Acquiring Rich Models of Objects and Space Through Vision and Natural Language

06 Feb
Wednesday, 02/06/2013 11:00am to 12:00pm

Matthew Walter
Massachusetts Institute of Technology
Computer Science and Artificial Intelligence Laboratory (CSAIL)

Computer Science Building, Room 151

Faculty Host: Rod Grupen

Over the past decade, we have seen robots move off factory floors and into unstructured environments. The age of robots operating in controlled isolation is giving way to a new generation of agile robots that assist people in broad areas that include sub-sea exploration, material handling, and healthcare. Recent advances in navigation, estimation, planning, and control enable robots to function under greater degrees of uncertainty. However, our means of controlling these robots is currently limited to low-level teleoperation. The challenge we face today is to make robots that people can command naturally, in unstructured settings. This capability requires that robots be situationally aware - able to form spatially extended, temporally persistent models of their surround at a level similar to their human partners.

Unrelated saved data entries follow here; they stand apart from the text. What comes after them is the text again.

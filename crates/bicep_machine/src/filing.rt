// Where a statement goes after it was read.
#![tactic(auto, using(crate::proofs::StackLemmas::stacks))]

ghost use Rattle.std.specs.Prelude.{◌≡◌};
ghost use Rattle.bicep_machine.specs.Closing.{filed};
ghost use Rattle.foundation.specs.Stopping.{Gives};
ghost use Rattle.bicep_machine.specs.Views.{kept_statement, frames_of, next_of};

use crate::frame::{Frame, close, open};
use crate::kept::Kept;
use crate::parts::with_statement;
use crate::state::{Next, State, refuse};
use bicep_tree::Statement;
use foundation::Stop;

/// Appends a statement that ended to the statements of the file.
///
/// # Errors
///
/// - `Refused`: something other than the file is open.
/// - `OutOfMemory`: memory was refused; nothing is said of the stack.
pub fn file(statement: Kept<Statement>, stack: &mut Vec<Frame>) -> Result<Next, Stop>
    ensures { Gives (λ n. next_of n stack.new.items) result
        (filed (kept_statement statement) (frames_of stack.old.items)) }
{
    match close(stack) {
        Some(Frame::InFile(statements)) => {
            let statements = with_statement(statements, statement)?;
            open(stack, Frame::InFile(statements))?;
            Ok(Next {
                state: State::Between,
                inside: false,
            })
        }
        other => refuse((other, statement)),
    }
}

This talk describes recent advances in robot situational awareness that enables robots to acquire rich models of objects and of their environment from natural interactions with their human partners. First, I describe a perception algorithm that allows mobile robots to build and maintain a representation of objects in their surround using only image sequences and estimates of the robot's inter-frame motion. The algorithm robustly detects these learned objects over time despite the challenges of uncontrollable lighting and viewpoint variation typical of unprepared environments. The novelty of the algorithm is its opportunistic use of the robot's motion to capture varying object appearance. Unlike existing vision-based object detection strategies that require extensive offline training, our algorithm builds this catalogue from a single training example. This capability enables richer command and control mechanisms that include the use of spoken natural language to command a 3000 kg mobile manipulator. Second, I describe an algorithm that enables robots to efficiently learn human-centric models of their environment from natural language descriptions. Underlying the algorithm is a probabilistic model that provides a common framework in which to integrate concepts from natural language descriptions with the metric information that the robot's low-level sensor streams convey. I present an efficient means for performing inference over this model and demonstrate that it results in environment models that are more accurate metrically, topologically, and semantically.

A reception will be held at 3:40 in the atrium, outside the presentation room.